Poeta epico-civile della resistenza palestinese, considerato il “poeta nazionale della Palestina” ha raccontato la storia della propria terra attraverso il filtro delle sofferenze vissute in prima persona, delle proprie ferite derivanti dall’esilio e dall’osservazione delle ferite del proprio popolo.
Nato il 13 marzo 1941 ad Al Birweh, in Galilea, allora sotto mandato britannico e oggi nel nord di Israele. Durante la guerra arabo-israeliana del 1948, questo villaggio fu raso al suolo e i suoi abitanti furono costretti all’esilio. La famiglia Darwish fuggì in Libano dove rimase per un anno, prima di tornare clandestinamente in Israele, nella località di Deir al Assada. Mahmoud studiò nelle scuole arabo-israeliane (in arabo e ebraico) e andò a vivere ad Haifa. Nel 1960, a 19 anni, pubblica la sua prima raccolta di poesie, Uccelli senza ali. Un anno più tardi aderisce al Partito comunista d’Israele. Dopo un lungo periodo di restrizioni, all’inizio degli anni Settanta sceglie l’esilio, prima a Mosca, poi al Cairo. Nel 1973, a Beirut, dirige il mensile Questioni palestinesi e lavora come caporedattore nel Centro di ricerca palestinese dell’Olp (Organizzazione per la liberazione della Palestina), cui aderisce mentre l’organizzazione è in guerra con Israele. Se ne va dall’Olp nel 1993 per protestare contro gli accordi di Oslo che, secondo lui, non daranno una “pace giusta” ai palestinesi. Ma nel 1995 torna a Ramallah, in Cisgiordania, dopo l’avvento dell’Autorità palestinese. Nel maggio 1996 viene autorizzato a entrare in Israele, per la prima volta dopo l’esilio, per partecipare ai funerali dello scrittore arabo-israeliano Emile Habibi.
In questi ultimi anni ha vissuto tra Ramallah e Amman. Molti e prestigiosi sono i riconoscimenti ottenuti.
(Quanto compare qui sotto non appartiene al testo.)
//! How far from its start a row can meet a range.
ghost use Rattle.std.specs.Prelude.{◌≡◌, ℕ, ◌+◌, ◌*◌, ◌<◌, ◌^◌, List, length, map, flat_map, option_to_list, max, Some, All, unsigned_abs, ◌-ℤ◌};
ghost use Rattle.cal_moment.specs.declared.stamp.Period.{Period};
ghost use Rattle.cal_moment.specs.declared.stamp.Stamp.{Stamp};
ghost use Rattle.cal_model.specs.declared.object.Component.{Component};
ghost use Rattle.cal_model.specs.Instances.Alignment as alignment;
ghost use Rattle.cal_model.specs.Instances.HappensOnce.{IsOnlyRow, row_from_start};
ghost use Rattle.cal_model.specs.Ranges.Cost as spec;
ghost use Rattle.cal_model.specs.Ranges.Overlap.{seconds_of};
ghost use Rattle.override_merge.specs.Conversions.{tables_of, IsConvertible, IsConvertibleExtent};
ghost use Rattle.override_merge.specs.ExpandableComponents.{IsConvertiblePeriod, IsExpandable};
ghost use Rattle.cal_model.specs.declared.zone.ZoneTable.{ZoneTable};
ghost use Rattle.needed_windows.specs.Lengths.{start_distance};

use cal_model::{Alarm, Component, Extent, LocalTimes, Object, Row, Trigger};
use cal_moment::{Length, Period, PeriodEnd, Stamp};
use override_merge::stamps::value_of;
use override_merge::starts::own_start;

const DAY: i128 = 86_400;

/// Four days: what zones and whole days may move a row by, in seconds.
const FOUR_DAYS: u128 = 345_600;

/// The greater of two numbers.
fn greater(a: u128, b: u128) -> u128
    ensures { result ≡ max a b }
{
    if a < b { b } else { a }
}

/// The size of a length in seconds, a day as 86,400.
fn size_of(length: Length) -> u128
    ensures value { result ≡ unsigned_abs (seconds_of length) }
    ensures small { result < 2 ^ 81 }
{
    (length.days as i128 * DAY + length.seconds as i128).unsigned_abs()
}

/// How far one stamp lies from another, in seconds.
fn distance(zones: &[LocalTimes<'_>], start: Stamp, end: Stamp) -> u128
    requires start { IsConvertible (length zones.now) start }
    requires end { IsConvertible (length zones.now) end }
    ensures value { result ≡ unsigned_abs (alignment.value_of (tables_of zones.now) end -ℤ alignment.value_of (tables_of zones.now) start) }
    ensures small { result < 2 ^ 81 }
{
    (value_of(zones, end) - value_of(zones, start)).unsigned_abs() as u128
}

/// The same where there is a start; without one there is no distance.
fn distance_from(zones: &[LocalTimes<'_>], start: Option<Stamp>, end: Stamp) -> u128
    requires start { All (IsConvertible (length zones.now)) (option_to_list start) }
    requires end { IsConvertible (length zones.now) end }
    ensures value { result ≡ start_distance (tables_of zones.now) start end }
    ensures small { result < 2 ^ 81 }
{
    match start {
        Some(start) => distance(zones, start, end),
        None => 0,
    }
}

/// The size of the length that a component writes: of DURATION, or from its start to DTEND or DUE.
fn extent_length(zones: &[LocalTimes<'_>], start: Option<Stamp>, extent: Extent) -> u128
    requires start { All (IsConvertible (length zones.now)) (option_to_list start) }
    requires extent { IsConvertibleExtent (length zones.now) extent }
    ensures value { result ≡ spec.extent_length (tables_of zones.now) start extent }
    ensures small { result < 2 ^ 81 }
{
    match extent {
        Extent::Lasting(length) => size_of(length),
        Extent::End(end) => distance_from(zones, start, end),
        Extent::Due(end) => distance_from(zones, start, end),
        _ => 0,
    }
}

/// The size of the length of an RDATE period.
fn period_length(zones: &[LocalTimes<'_>], period: &Period) -> u128
    requires { IsConvertiblePeriod (length zones.now) period.now }
    ensures value { result ≡ spec.length_to (tables_of zones.now) period.now.start period.now.end }
    ensures small { result < 2 ^ 81 }
{
    match period.end {
        PeriodEnd::At(end) => distance(zones, period.start, end),
        PeriodEnd::After(length) => size_of(length),
    }
}

/// The greatest of the lengths that a component writes.
fn longest_of(zones: &[LocalTimes<'_>], component: &Component) -> u128
    requires { IsExpandable (length zones.now) component.now }
    ensures value { result ≡ spec.greatest (spec.lengths (tables_of zones.now) component.now) }
    ensures small { result < 2 ^ 81 }
{
    let mut longest = extent_length(zones, own_start(component), component.extent);
    let mut rest = component.periods.as_slice();
    'periods: while let Some((period, behind)) = rest.split_first() {
        longest = greater(longest, period_length(zones, period));
        rest = behind;
    }
    longest
}

/// The greatest of the lengths that some components write.
fn longest(zones: &[LocalTimes<'_>], components: &[Component]) -> u128
    requires { All (IsExpandable (length zones.now)) components.now }
    ensures value { result ≡ spec.greatest (flat_map (spec.lengths (tables_of zones.now)) components.now) }
    ensures small { result < 2 ^ 81 }
{
    let mut longest = 0;
    let mut rest = components;
    'components: while let Some((component, behind)) = rest.split_first() {
        longest = greater(longest, longest_of(zones, component));
        rest = behind;
    }
    longest
}

/// How far from a row an alarm may go off: the size of its trigger's length, and of all its gaps.
fn alarm_reach(alarm: &Alarm) -> u128
    ensures value { result ≡ spec.alarm_reach alarm.now }
    ensures small { result < 2 ^ 114 }
{
    let first = match alarm.trigger {
        Trigger::At(_) => 0,
        Trigger::From(_, length) => size_of(length),
    };
    first + alarm.repeat as u128 * size_of(alarm.gap)
}

/// The greatest reach of the alarms of a component.
fn reach_of(alarms: &[Alarm]) -> u128
    ensures value { result ≡ spec.greatest (map spec.alarm_reach alarms.now) }
    ensures small { result < 2 ^ 114 }
{
    let mut reach = 0;
    let mut rest = alarms;
    'alarms: while let Some((alarm, behind)) = rest.split_first() {
        reach = greater(reach, alarm_reach(alarm));
        rest = behind;
    }
    reach
}

/// The greatest reach of the alarms of some components.
fn alarms_reach(components: &[Component]) -> u128
    ensures value { result ≡ spec.greatest (flat_map (λ (c : Component). map spec.alarm_reach c.alarms) components.now) }
    ensures small { result < 2 ^ 114 }
{
    let mut reach = 0;
    let mut rest = components;
    'components: while let Some((component, behind)) = rest.split_first() {
        reach = greater(reach, reach_of(component.alarms.as_slice()));
        rest = behind;
    }
    reach
}

/// How far from a row's start, by the clock beside which it starts, a range may lie that meets the row,
/// in seconds.
pub(crate) fn margin(zones: &[LocalTimes<'_>], object: &Object) -> u128
    requires zones { tables_of zones.now ≡ object.now.zones }
    requires lengths { All (IsExpandable (length zones.now)) object.now.components }
    ensures value { result ≡ spec.margin object.now }
    ensures small { result < 2 ^ 115 }
{
    let components = object.components.as_slice();
    FOUR_DAYS + (longest(zones, components) + alarms_reach(components))
}

/// The size of the length that an extent writes, given the row of its component from the component's
/// own start.
fn row_length(extent: Extent, row: &Row) -> u128
    ensures value { (zones : List ZoneTable) (s : Stamp) → row.now ≡ row_from_start zones s extent → result ≡ spec.extent_length zones (Some s) extent }
    ensures small { result < 2 ^ 81 }
{
    match extent {
        Extent::Lasting(length) => size_of(length),
        Extent::End(_) => (row.end as i128 - row.start as i128).unsigned_abs(),
        Extent::Due(_) => (row.end as i128 - row.start as i128).unsigned_abs(),
        _ => 0,
    }
}

/// The same of the components of an object that happens once.
fn only_length(object: &Object, row: &Row) -> u128
    requires { IsOnlyRow object.now row.now }
    ensures value { result ≡ spec.longest object.now }
    ensures small { result < 2 ^ 81 }
{
    match object.components.get(0) {
        Some(component) => row_length(component.extent, row),
        None => 0,
    }
}

/// The same as `margin`, of an object that happens once, given its row: no stamp is converted.
pub(crate) fn only_margin(object: &Object, row: &Row) -> u128
    requires { IsOnlyRow object.now row.now }
    ensures value { result ≡ spec.margin object.now }
    ensures small { result < 2 ^ 115 }
{
    FOUR_DAYS + (only_length(object, row) + alarms_reach(object.components.as_slice()))
}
Dall’ex Urss fu insignito del Premio Lenin, la Francia lo ha nominato cavaliere delle Arti e delle Lettere, e all’Aja ha avuto il prestigioso premio Prince Claus per la «sua opera impressionante».
Darwish era gia’ stato operato due volte al cuore, nel 1984 e nel 1998. Dopo la seconda operazione aveva scritto un poema intitolato ‘Morte, io ti ho sconfitta’. Aveva subito una nuova operazione al cuore
-mercoledi’- in Texas, Stati Uniti e respirava con l’ossigeno a causa di complicanze.
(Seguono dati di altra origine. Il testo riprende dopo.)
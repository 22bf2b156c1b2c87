//! The windows of 64 days in which ranges may meet the rows of an object (RFC 4791, 7.8 and 9.9).
//!
//! Given: an object that was read, and ranges. Gives: the windows whose rows the ranges may meet, in
//! order: those that meet a range, widened by how far from its start a row can be met, and those in
//! which an override starts; of an object that happens once, whether the window of its row is one.
//! Reports use it, which look at the rows of these windows and at no others.
#![tactic(auto)]

mod margin;
mod windows;

pub use windows::{is_needed, windows_needed};
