//! Where a node begins: the number of its first token.
ghost use Rattle.std.specs.Prelude.{◌≡◌};
ghost use Rattle.flp_syntax.specs.Tree.{index_at, tree_at};
ghost use Rattle.flp_syntax.specs.View.{index_of, tree_of};

use crate::syntax::{Expr, Idx};

/// Where an expression begins.
#[tactic(auto, using(crate::specs::View::view_equations))]
pub fn tree_at(expr: &Expr) -> u32
    ensures { result ≡ tree_at (tree_of expr.now) }
{
    match expr {
        Expr::Number { at, .. }
        | Expr::Var { at, .. }
        | Expr::Joint { at, .. }
        | Expr::Meas { at, .. }
        | Expr::MeasOrZero { at, .. }
        | Expr::Sum { at, .. }
        | Expr::Call { at, .. }
        | Expr::Add { at, .. }
        | Expr::Mul { at, .. }
        | Expr::Pow { at, .. } => *at,
    }
}

/// Where an index begins.
#[tactic(auto, using(crate::specs::View::view_equations))]
pub fn index_at(idx: &Idx) -> u32
    ensures { result ≡ index_at (index_of idx.now) }
{
    match idx {
        Idx::Number { at, .. } | Idx::Var { at, .. } | Idx::Add { at, .. } | Idx::Mul { at, .. } =>
            *at,
    }
}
Negli Stati Uniti è deceduto. La Morte l’ha sconfitta: non con il corpo ma con la poesia.
Fabiano Alborghetti
Polvere da sparo
Potete legarmi mani e piedi
Togliermi il quaderno e le sigarette
Riempirmi la bocca di terra:
La poesia e’ sangue del mio cuore vivo
sale del mio pane, luce nei miei occhi.
Sara’ scritta con le unghie, lo sguardo e il ferro,
la cantero’ nella cella della mia prigione,
al bagno,
nella stalla,
sotto la sferza,
tra I ceppi
nello spasimo delle catene.
Ho dentro di me un milione d’usignoli
Per cantare la mia canzone di lotta.
Carta d’identità
Scrivi : sono un arabo;
la mia carta porta il numero cinquantamila.
Ho otto bambini,
e il nono nascerà dopo l’estate.
Ti dispiace forse ?
Scrivi : sono un arabo;
impiegato con i compagni della miseria in una cava,
ho otto bambini
per i quali dalla roccia
ricavo il pane,
i vestiti ed il quaderno.
Non chiedo la carità alle vostre porte
né mi umilio davanti alle piastrelle dei gradini.
Ti dispiace forse ?
Scrivi : sono un arabo; un nome senza titolo
e resto paziente in una terra
dove tutto vive con impulso di furia.
Le mie radici si sono ancorate qua,
prima del nascere del tempo
prima dell’apertura delle ere
anteriormente ai cipressi, agli uliveti
ed al crescere dell’erba.
Mio padre …viene dalla stirpe dell’aratro,
non è un figlio di signori privilegiati,
mio nonno pure era un contadino
né ben cresciuto, né ben nato !
Mi insegnava l’orgoglio del sole
prima di insegnarmi la lettura dei libri.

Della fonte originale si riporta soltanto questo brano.